__What to produce__:
The answer must be a single number: how many lines below contain "each".

__Exercise inputs__:

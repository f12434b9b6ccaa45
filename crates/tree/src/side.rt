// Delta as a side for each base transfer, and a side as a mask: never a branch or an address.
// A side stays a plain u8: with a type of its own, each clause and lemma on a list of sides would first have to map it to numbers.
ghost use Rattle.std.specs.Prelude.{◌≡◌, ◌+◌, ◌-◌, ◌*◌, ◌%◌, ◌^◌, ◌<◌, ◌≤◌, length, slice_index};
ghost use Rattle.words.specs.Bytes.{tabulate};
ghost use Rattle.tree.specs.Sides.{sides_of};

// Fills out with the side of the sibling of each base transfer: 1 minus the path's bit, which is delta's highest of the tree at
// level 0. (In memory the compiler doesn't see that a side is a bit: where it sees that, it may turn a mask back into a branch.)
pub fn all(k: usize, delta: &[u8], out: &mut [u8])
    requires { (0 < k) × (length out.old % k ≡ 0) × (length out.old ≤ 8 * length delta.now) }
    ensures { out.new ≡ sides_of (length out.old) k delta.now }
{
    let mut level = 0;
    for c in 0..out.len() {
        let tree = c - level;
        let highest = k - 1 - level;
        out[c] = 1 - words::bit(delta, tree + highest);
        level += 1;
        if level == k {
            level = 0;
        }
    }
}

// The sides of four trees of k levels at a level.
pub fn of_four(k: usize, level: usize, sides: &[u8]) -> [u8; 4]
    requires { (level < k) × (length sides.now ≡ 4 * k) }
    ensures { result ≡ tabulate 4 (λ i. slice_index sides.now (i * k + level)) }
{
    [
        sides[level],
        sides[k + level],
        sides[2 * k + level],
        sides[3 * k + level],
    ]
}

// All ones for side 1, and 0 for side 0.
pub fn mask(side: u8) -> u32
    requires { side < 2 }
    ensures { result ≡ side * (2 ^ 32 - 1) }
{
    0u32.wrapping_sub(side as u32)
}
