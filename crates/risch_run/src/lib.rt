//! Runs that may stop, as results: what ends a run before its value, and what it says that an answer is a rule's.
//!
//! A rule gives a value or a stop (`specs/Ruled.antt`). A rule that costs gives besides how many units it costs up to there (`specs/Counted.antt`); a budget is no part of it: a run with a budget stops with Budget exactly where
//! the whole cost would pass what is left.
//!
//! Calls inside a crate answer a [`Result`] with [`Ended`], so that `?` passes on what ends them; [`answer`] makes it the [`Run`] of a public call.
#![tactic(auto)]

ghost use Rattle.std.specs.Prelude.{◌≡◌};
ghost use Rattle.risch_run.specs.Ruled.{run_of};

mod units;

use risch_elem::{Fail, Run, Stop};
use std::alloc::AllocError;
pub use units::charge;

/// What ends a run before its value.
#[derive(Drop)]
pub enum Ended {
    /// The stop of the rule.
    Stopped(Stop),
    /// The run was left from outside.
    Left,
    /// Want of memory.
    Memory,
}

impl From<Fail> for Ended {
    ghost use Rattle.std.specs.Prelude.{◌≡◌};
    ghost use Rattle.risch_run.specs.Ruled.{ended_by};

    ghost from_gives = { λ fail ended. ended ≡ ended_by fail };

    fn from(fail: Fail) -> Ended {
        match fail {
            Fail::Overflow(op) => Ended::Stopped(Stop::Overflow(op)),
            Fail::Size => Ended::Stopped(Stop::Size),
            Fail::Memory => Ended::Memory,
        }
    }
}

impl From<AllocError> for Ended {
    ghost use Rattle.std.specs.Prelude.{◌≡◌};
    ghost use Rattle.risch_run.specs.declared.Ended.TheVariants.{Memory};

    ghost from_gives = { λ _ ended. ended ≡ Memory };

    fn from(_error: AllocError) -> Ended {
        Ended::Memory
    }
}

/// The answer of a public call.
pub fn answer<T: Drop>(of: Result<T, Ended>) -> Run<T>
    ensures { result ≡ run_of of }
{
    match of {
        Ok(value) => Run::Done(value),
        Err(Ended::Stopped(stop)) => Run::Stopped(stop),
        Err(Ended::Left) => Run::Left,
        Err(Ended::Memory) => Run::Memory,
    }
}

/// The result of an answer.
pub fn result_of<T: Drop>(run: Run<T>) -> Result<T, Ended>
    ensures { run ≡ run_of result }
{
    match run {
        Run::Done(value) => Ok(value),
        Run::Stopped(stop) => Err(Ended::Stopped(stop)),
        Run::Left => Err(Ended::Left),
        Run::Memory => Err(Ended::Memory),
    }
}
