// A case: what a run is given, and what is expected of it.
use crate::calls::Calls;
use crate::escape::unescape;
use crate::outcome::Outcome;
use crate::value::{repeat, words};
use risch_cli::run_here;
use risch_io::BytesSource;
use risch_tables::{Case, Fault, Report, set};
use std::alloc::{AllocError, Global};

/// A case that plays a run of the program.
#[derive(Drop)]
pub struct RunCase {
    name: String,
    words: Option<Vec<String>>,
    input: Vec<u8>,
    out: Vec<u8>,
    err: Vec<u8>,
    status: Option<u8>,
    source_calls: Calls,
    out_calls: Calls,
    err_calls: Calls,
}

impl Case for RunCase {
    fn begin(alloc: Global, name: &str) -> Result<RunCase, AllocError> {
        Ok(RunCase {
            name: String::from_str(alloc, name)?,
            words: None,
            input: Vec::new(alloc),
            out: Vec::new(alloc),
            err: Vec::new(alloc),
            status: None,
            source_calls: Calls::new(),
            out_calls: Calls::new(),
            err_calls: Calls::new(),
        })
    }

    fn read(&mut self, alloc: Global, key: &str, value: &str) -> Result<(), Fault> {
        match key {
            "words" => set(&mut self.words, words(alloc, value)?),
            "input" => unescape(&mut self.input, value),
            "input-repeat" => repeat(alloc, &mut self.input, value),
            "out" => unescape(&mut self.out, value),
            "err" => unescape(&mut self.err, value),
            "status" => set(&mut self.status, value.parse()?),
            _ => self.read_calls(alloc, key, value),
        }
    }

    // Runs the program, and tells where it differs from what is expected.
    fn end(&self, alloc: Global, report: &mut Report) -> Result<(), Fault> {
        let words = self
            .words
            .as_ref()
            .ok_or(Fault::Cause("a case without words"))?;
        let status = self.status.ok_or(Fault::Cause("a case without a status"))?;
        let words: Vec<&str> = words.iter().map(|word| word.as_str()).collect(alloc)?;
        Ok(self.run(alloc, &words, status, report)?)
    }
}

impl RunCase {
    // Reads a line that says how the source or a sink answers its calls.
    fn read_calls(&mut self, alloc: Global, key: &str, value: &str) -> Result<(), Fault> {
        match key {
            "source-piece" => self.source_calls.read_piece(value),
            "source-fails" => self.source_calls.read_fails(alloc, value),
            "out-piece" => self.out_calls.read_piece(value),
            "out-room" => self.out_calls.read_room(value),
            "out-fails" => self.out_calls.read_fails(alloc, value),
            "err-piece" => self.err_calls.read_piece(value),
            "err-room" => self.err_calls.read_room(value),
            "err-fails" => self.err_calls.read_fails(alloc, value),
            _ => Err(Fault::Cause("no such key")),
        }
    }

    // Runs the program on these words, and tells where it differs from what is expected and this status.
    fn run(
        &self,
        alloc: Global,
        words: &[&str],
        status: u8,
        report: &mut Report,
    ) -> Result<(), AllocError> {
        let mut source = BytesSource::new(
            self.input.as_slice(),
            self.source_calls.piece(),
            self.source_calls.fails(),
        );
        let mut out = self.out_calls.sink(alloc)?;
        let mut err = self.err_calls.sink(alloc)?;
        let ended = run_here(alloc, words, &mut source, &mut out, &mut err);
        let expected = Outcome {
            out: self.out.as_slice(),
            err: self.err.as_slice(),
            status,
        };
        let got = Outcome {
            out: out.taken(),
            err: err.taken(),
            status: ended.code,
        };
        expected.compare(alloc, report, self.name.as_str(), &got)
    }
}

__Reply__:
3